The Vanguard Cyborg Takeover - carlosgg
http://www.bloomberg.com/news/articles/2016-03-24/the-vanguard-cyborg-takeover
======
chollida1
I think the article makes a good point. What is the value proposition of
companies like Betterment and Wealthfront when a person can go to Vanguard or
Charles Swab?

I'd be pretty worried if I was one of the new "robo advisor" startups, quoted
only because I can't think of a better name for them.

1) By definition you're a passive investor so you don't provide any service
that can't be replicated by the big players in a very quick manner.
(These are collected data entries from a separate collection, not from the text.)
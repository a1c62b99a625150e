//! The file that a command writes.
ghost use Rattle.std.specs.Prelude.{◌≡◌, ◌<◌, ◌≤◌, ◌+◌, ◌-◌, [], true, is_some, ◌++◌, drop, length, vec_len};
ghost use Rattle.std.specs.Prelude.{vec_capacity, None, OnOk, OnErr, IfOk, IfErr};
ghost use Rattle.std.specs.Io.KnownBytes.{Keeps, WriteAppends, append_known};
ghost use Rattle.octets.specs.Device.{GivesSome};
ghost use Rattle.command.specs.Blames.{OutputMayFail};
ghost use Rattle.command.specs.NewFiles.{held};

use crate::storage::Storage;
use octets::{DeviceFault, Failures, Fault, Outlet};
use std::alloc::{AllocError, Allocator};

// How many bytes may be pending before they are written.
const PENDING: usize = 65536;

/// A file that is created or truncated when its first byte is given, or at the end if none was. Bytes are written once 64 KiB
/// are pending. A failure of the system, including an interrupted call, is a failure of the device.
// It is not std's `BufWriter`, which tries an interrupted write again and writes when it is dropped: so after a failure too the
// file holds a prefix of the output.
#[derive(Drop)]
pub(crate) struct NewFile<'a, F: Storage, A: Allocator> {
    files: &'a F,
    path: &'a str,
    file: Option<F::Output>,
    pending: Vec<u8, A>,
    written: usize,
    failures: Failures,
    ghost in_range: { written ≤ vec_len pending },
    ghost room: { 0 < vec_capacity pending },
    ghost blame: { 0 < failures → OutputMayFail F.make_may_fail F.Output.failures },
}

impl<'a, F: Storage, A: Allocator> NewFile<'a, F, A> {
    /// Makes a device for a file, without making the file, and allocates memory for the pending bytes.
    #[tactic(auto, using(crate::proofs::NewFileLemmas::append_none))]
    pub(crate) fn new(alloc: A, files: &'a F, path: &'a str) -> Result<Self, AllocError>
        ensures taken { IfOk result (λ file.
            ⟦<NewFile<'a, F, A> as Outlet>⟧.taken file ≡ F.blank files.now path.now) }
        ensures unmade { IfOk result (λ file. file.file ≡ None) }
        ensures path { IfOk result (λ file. file.path.now ≡ path.now) }
        ensures room { IfOk result (λ file. 65536 ≤ vec_capacity file.pending) }
    {
        Ok(NewFile {
            files,
            path,
            file: None,
            pending: Vec::with_capacity(alloc, PENDING)?,
            written: 0,
            failures: Failures::none(),
        })
    }

    // Makes the file if it is not made yet.
    #[tactic(auto, using(crate::proofs::BlamesLemmas::making_may_fail))]
    fn make(&mut self) -> Result<(), DeviceFault>
        ensures made { OnOk result (is_some self.new.file ≡ true) }
        ensures taken { Keeps (⟦<NewFile<'a, F, A> as Outlet>⟧.taken self.old)
            (⟦<NewFile<'a, F, A> as Outlet>⟧.taken self.new) }
        ensures pending { self.new.pending ≡ self.old.pending }
        ensures written { self.new.written ≡ self.old.written }
        ensures failed { self.new.failures ≡ self.old.failures }
        ensures blame { OnErr result (OutputMayFail F.make_may_fail F.Output.failures) }
    {
        if self.file.is_none() {
            match self.files.create(self.path) {
                Ok(file) => self.file = Some(file),
                Err(_) => return Err(DeviceFault),
            }
        }
        Ok(())
    }

    // Writes some of the pending bytes.
    fn write_some(&mut self) -> Result<(), DeviceFault>
        requires pending { self.old.written < vec_len self.old.pending }
        requires made { is_some self.old.file ≡ true }
        ensures made { is_some self.new.file ≡ true }
        ensures taken { Keeps (⟦<NewFile<'a, F, A> as Outlet>⟧.taken self.old)
            (⟦<NewFile<'a, F, A> as Outlet>⟧.taken self.new) }
        ensures pending { self.new.pending ≡ self.old.pending }
        ensures written { OnOk result (self.old.written < self.new.written) }
        ensures failed { self.new.failures ≡ self.old.failures }
        ensures blame { OnErr result (OutputMayFail F.make_may_fail F.Output.failures) }
    {
        match &mut self.file {
            Some(file) => match file.give(&self.pending[self.written..]) {
                Ok(n) => {
                    self.written += n;
                    Ok(())
                }
                Err(fault) => Err(fault),
            },
            None => Err(DeviceFault),
        }
    }

    // Writes all pending bytes.
    #[tactic(auto, using(crate::proofs::NewFileLemmas::none_pending, crate::proofs::NewFileLemmas::keeps_more))]
    fn write_pending(&mut self) -> Result<(), DeviceFault>
        requires made { is_some self.old.file ≡ true }
        ensures made { is_some self.new.file ≡ true }
        ensures taken { Keeps (⟦<NewFile<'a, F, A> as Outlet>⟧.taken self.old)
            (⟦<NewFile<'a, F, A> as Outlet>⟧.taken self.new) }
        ensures none_left { OnOk result (self.new.pending.items ≡ []) }
        ensures empty { OnOk result (vec_len self.new.pending ≡ 0) }
        ensures failed { self.new.failures ≡ self.old.failures }
        ensures blame { OnErr result (OutputMayFail F.make_may_fail F.Output.failures) }
    {
        while self.written < self.pending.len() {
            self.write_some()?;
        }
        self.pending.clear();
        self.written = 0;
        Ok(())
    }

    // Adds bytes to the pending ones, if there is room for them.
    fn add(&mut self, bytes: &[u8])
        requires room { vec_len self.old.pending + length bytes.now ≤ vec_capacity self.old.pending }
        ensures items { self.new.pending.items ≡ self.old.pending.items ++ bytes.now }
        ensures held { held (F.blank self.new.files.now self.new.path.now) F.Output.taken self.new.file
            ≡ held (F.blank self.old.files.now self.old.path.now) F.Output.taken self.old.file }
        ensures written { self.new.written ≡ self.old.written }
        ensures failed { self.new.failures ≡ self.old.failures }
    {
        // This can't fail: within the capacity nothing is allocated.
        let _ = self.pending.extend_from_slice(bytes);
    }

    // Adds as many of the bytes to the pending ones as there is room for. If there is no room, writes the pending bytes first.
    #[tactic(auto, using(crate::proofs::NewFileLemmas::pends, crate::proofs::NewFileLemmas::keeps_more))]
    fn keep(&mut self, bytes: &[u8]) -> Result<usize, DeviceFault>
        ensures bound { GivesSome result bytes.now }
        ensures taken { WriteAppends (⟦<NewFile<'a, F, A> as Outlet>⟧.taken self.old)
            (⟦<NewFile<'a, F, A> as Outlet>⟧.taken self.new) result bytes.now }
        ensures failed { self.new.failures ≡ self.old.failures }
        ensures blame { OnErr result (OutputMayFail F.make_may_fail F.Output.failures) }
    {
        if bytes.is_empty() {
            return Ok(0);
        }
        self.make()?;
        if self.pending.len() == self.pending.capacity() {
            self.write_pending()?;
        }
        let room = self.pending.capacity() - self.pending.len();
        let n = bytes.len().min(room);
        self.add(&bytes[..n]);
        Ok(n)
    }

    /// Makes the file if no byte was given, writes the pending bytes, and syncs the file. The only fault is `Write`.
    #[tactic(auto, using(crate::proofs::NewFileLemmas::keeps_more))]
    pub(crate) fn finish(&mut self) -> Result<(), Fault>
        ensures taken { Keeps (⟦<NewFile<'a, F, A> as Outlet>⟧.taken self.old)
            (⟦<NewFile<'a, F, A> as Outlet>⟧.taken self.new) }
        ensures made { OnOk result (is_some self.new.file ≡ true) }
        ensures none_left { OnOk result (self.new.pending.items ≡ []) }
        ensures failed { self.new.failures ≡ self.old.failures }
        ensures fault { IfErr result (λ e. e ≡ Fault.Write) }
        ensures blame { OnErr result (OutputMayFail F.make_may_fail F.Output.failures) }
    {
        if self.make().is_err() || self.write_pending().is_err() {
            return Err(Fault::Write);
        }
        match &self.file {
            Some(file) if self.files.sync(file).is_ok() => Ok(()),
            _ => Err(Fault::Write),
        }
    }
}

impl<F: Storage, A: Allocator> Outlet for NewFile<'_, F, A> {
    ghost taken = { λ s. append_known (held (F.blank s.files.now s.path.now) F.Output.taken s.file)
        (drop s.written s.pending.items) };

    ghost failures = { λ s. s.failures };

    fn give(&mut self, bytes: &[u8]) -> Result<usize, DeviceFault> {
        match self.keep(bytes) {
            Ok(n) => Ok(n),
            Err(_) => {
                self.failures.add();
                Err(DeviceFault)
            }
        }
    }
}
2) you don't have any where near the economies of scale as the big players so
when this becomes a fight to the bottom to lower management fees you'll be the
first to lose.

3) Your going to put your clients money into funds run by the big players so
even if you pull money from the big players you are helping your biggest
competitors by investing back into them.

I can't see anyway this isn't head Wealthfront loses tails vanguard wins.
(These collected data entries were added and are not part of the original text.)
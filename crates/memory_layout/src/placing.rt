//! Placing segments.
ghost use Rattle.std.specs.Prelude.{◌≡◌, ◌/◌, ◌^◌, ◌≤◌, ◌<◌, IfOk, IfSome, []};
ghost use Rattle.wl_base.specs.Answers.{Answers};
ghost use Rattle.memory_layout.specs.Memory.{up, base_of, solid, places_by, memory_of, too_much};
ghost use Rattle.memory_layout.specs.Steps.{AreAligned, AreRules, IsPages, placed_after, run, placed_both, pages_for, around_of};

use crate::{MemoryRules, Places, SegmentShape};
use std::alloc::Global;
use wl_base::{LayoutError, OutOfMemory, Seq, What};

/// A page of memory has two to this power bytes (Core 4.2.8).
const PAGE_POWER: u32 = 16;

const PAGE_BYTES: u64 = 65_536;

/// The stack and the heap begin at multiples of two to this power bytes.
const STACK_POWER: u32 = 4;

/// Places segments one behind the other, those that aren't zero first, and the stack and the heap
/// around them.
///
/// It is refused with the first of these numbers that passes its limit: `DataEnd`, the end of a
/// segment above 2^32 - 1, in the order of placing; `HeapBase`, above 2^32 - 1; `MaxMemory`, the
/// pages in bytes above the greatest memory.
pub fn place(
    alloc: Global,
    rules: &MemoryRules,
    segments: &[SegmentShape],
) -> Result<Places, LayoutError>
    requires rules { AreRules rules.now }
    requires aligned { AreAligned segments.now }
    ensures { Answers result (memory_of rules.now segments.now) }
{
    let base = base_of(rules);
    let zeros_from = end_of_solid(base, segments)?;
    let (addresses, data_end) = addresses(alloc, base, zeros_from, segments)?;
    around(rules, base, addresses, data_end)
}

/// Where data begin.
fn base_of(rules: &MemoryRules) -> u32
    ensures { result ≡ base_of rules.now }
{
    match *rules {
        MemoryRules::Relative => 0,
        MemoryRules::Absolute {
            stack_first: false,
            base,
            ..
        } => base.unwrap_or(1024),
        MemoryRules::Absolute {
            stack_first: true,
            base,
            stack,
            ..
        } => stack.max(base.unwrap_or(0)),
    }
}

/// The least multiple of two to this power that is at least `at`.
#[inline(always)]
fn align_to_power(at: u32, power: u32) -> u64
    requires { power ≤ 31 }
    ensures { result ≡ up at (2 ^ power) }
{
    let size = 1u64 << power;
    ((u64::from(at) + (size - 1)) >> power) << power
}

/// The address and the end of a segment that is placed behind `at`.
#[inline(always)]
fn placed_after(at: u32, segment: &SegmentShape) -> Result<(u32, u32), LayoutError>
    requires { segment.now.align ≤ 31 }
    ensures { Answers result (placed_after at segment.now) }
{
    let address = align_to_power(at, segment.align);
    let end = address + u64::from(segment.len);
    if end > u64::from(u32::MAX) {
        return Err(overflow(What::DataEnd, end));
    }
    Ok((address as u32, end as u32))
}

/// Where the segments that aren't zero end.
fn end_of_solid(base: u32, segments: &[SegmentShape]) -> Result<u32, LayoutError>
    requires { AreAligned segments.now }
    ensures { Answers result (run base (solid segments.now)) }
{
    let mut at = base;
    for segment in segments {
        if !segment.zero {
            let (_, end) = placed_after(at, segment)?;
            at = end;
        }
    }
    Ok(at)
}

/// Room for addresses.
fn room(alloc: Global, count: usize) -> Result<Seq<u32>, OutOfMemory>
    ensures { IfOk result (λ addresses. addresses ≡ []) }
{
    Ok(Seq::from_vec(Vec::with_capacity(alloc, count)?))
}

/// The address of each segment, where those that aren't zero go on from `next` and the others from
/// `next_zero`; and where the latter end.
fn addresses(
    alloc: Global,
    next: u32,
    next_zero: u32,
    segments: &[SegmentShape],
) -> Result<(Seq<u32>, u32), LayoutError>
    requires { AreAligned segments.now }
    ensures { Answers result (placed_both next next_zero segments.now) }
{
    let mut next = next;
    let mut next_zero = next_zero;
    let mut addresses = room(alloc, segments.len())?;
    for segment in segments {
        let (address, end) = placed_after(if segment.zero { next_zero } else { next }, segment)?;
        if segment.zero {
            next_zero = end;
        } else {
            next = end;
        }
        addresses.push(address)?;
    }
    Ok((addresses, next_zero))
}

/// The pages up to the heap base, and at least the asked ones.
fn pages_for(heap_base: u32, initial: u64, max: Option<u64>) -> Result<u32, LayoutError>
    requires initial { IsPages initial }
    requires max { IfSome max IsPages }
    ensures { Answers result (pages_for heap_base (initial / 65536) max) }
{
    let pages = (align_to_power(heap_base, PAGE_POWER) / PAGE_BYTES).max(initial / PAGE_BYTES);
    if let Some(max) = max {
        if pages * PAGE_BYTES > max {
            return Err(overflow(What::MaxMemory, pages * PAGE_BYTES));
        }
    }
    Ok(pages as u32)
}

/// The places where the loader chooses the base.
fn relative(addresses: Seq<u32>, data_end: u32) -> Places
    ensures { result ≡ places_by MemoryRules.Relative addresses data_end }
{
    Places {
        addresses,
        base: 0,
        data_end,
        stack_low: 0,
        stack_high: 0,
        heap_base: 0,
        pages: 0,
    }
}

/// What stands around the data.
fn around(
    rules: &MemoryRules,
    base: u32,
    addresses: Seq<u32>,
    data_end: u32,
) -> Result<Places, LayoutError>
    requires rules { AreRules rules.now }
    requires base { base ≡ base_of rules.now }
    ensures { Answers result (around_of rules.now addresses data_end) }
{
    let MemoryRules::Absolute {
        stack_first,
        stack,
        initial,
        max,
        ..
    } = *rules
    else {
        return Ok(relative(addresses, data_end));
    };
    let after_data = align_to_power(data_end, STACK_POWER);
    let (stack_low, stack_high, heap_base) = if stack_first {
        (0, u64::from(stack), after_data)
    } else {
        let high = after_data + u64::from(stack);
        (after_data, high, high)
    };
    if heap_base > u64::from(u32::MAX) {
        return Err(overflow(What::HeapBase, heap_base));
    }
    let pages = pages_for(heap_base as u32, initial, max)?;
    Ok(Places {
        addresses,
        base,
        data_end,
        stack_low: stack_low as u32,
        stack_high: stack_high as u32,
        heap_base: heap_base as u32,
        pages,
    })
}

/// The answer for a number that passes its limit.
fn overflow(what: What, needed: u64) -> LayoutError
    requires { needed < 2 ^ 63 }
    ensures { result ≡ too_much what needed }
{
    LayoutError::Overflow {
        what,
        needed: needed as i64,
    }
}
Couple that with the possibility of VC money starting to dry up and you've got
to ask, if Wealthfront and Betterment receive no more VC money from today
onward are they ready to fight head on with companies 2-3 orders of magnitude
larger than themselves who can afford to keep lowering fees for years to come.

Can someone here make the case why anyone would chose to invest with these new
companies rather that Vanguard or Charles Schwab?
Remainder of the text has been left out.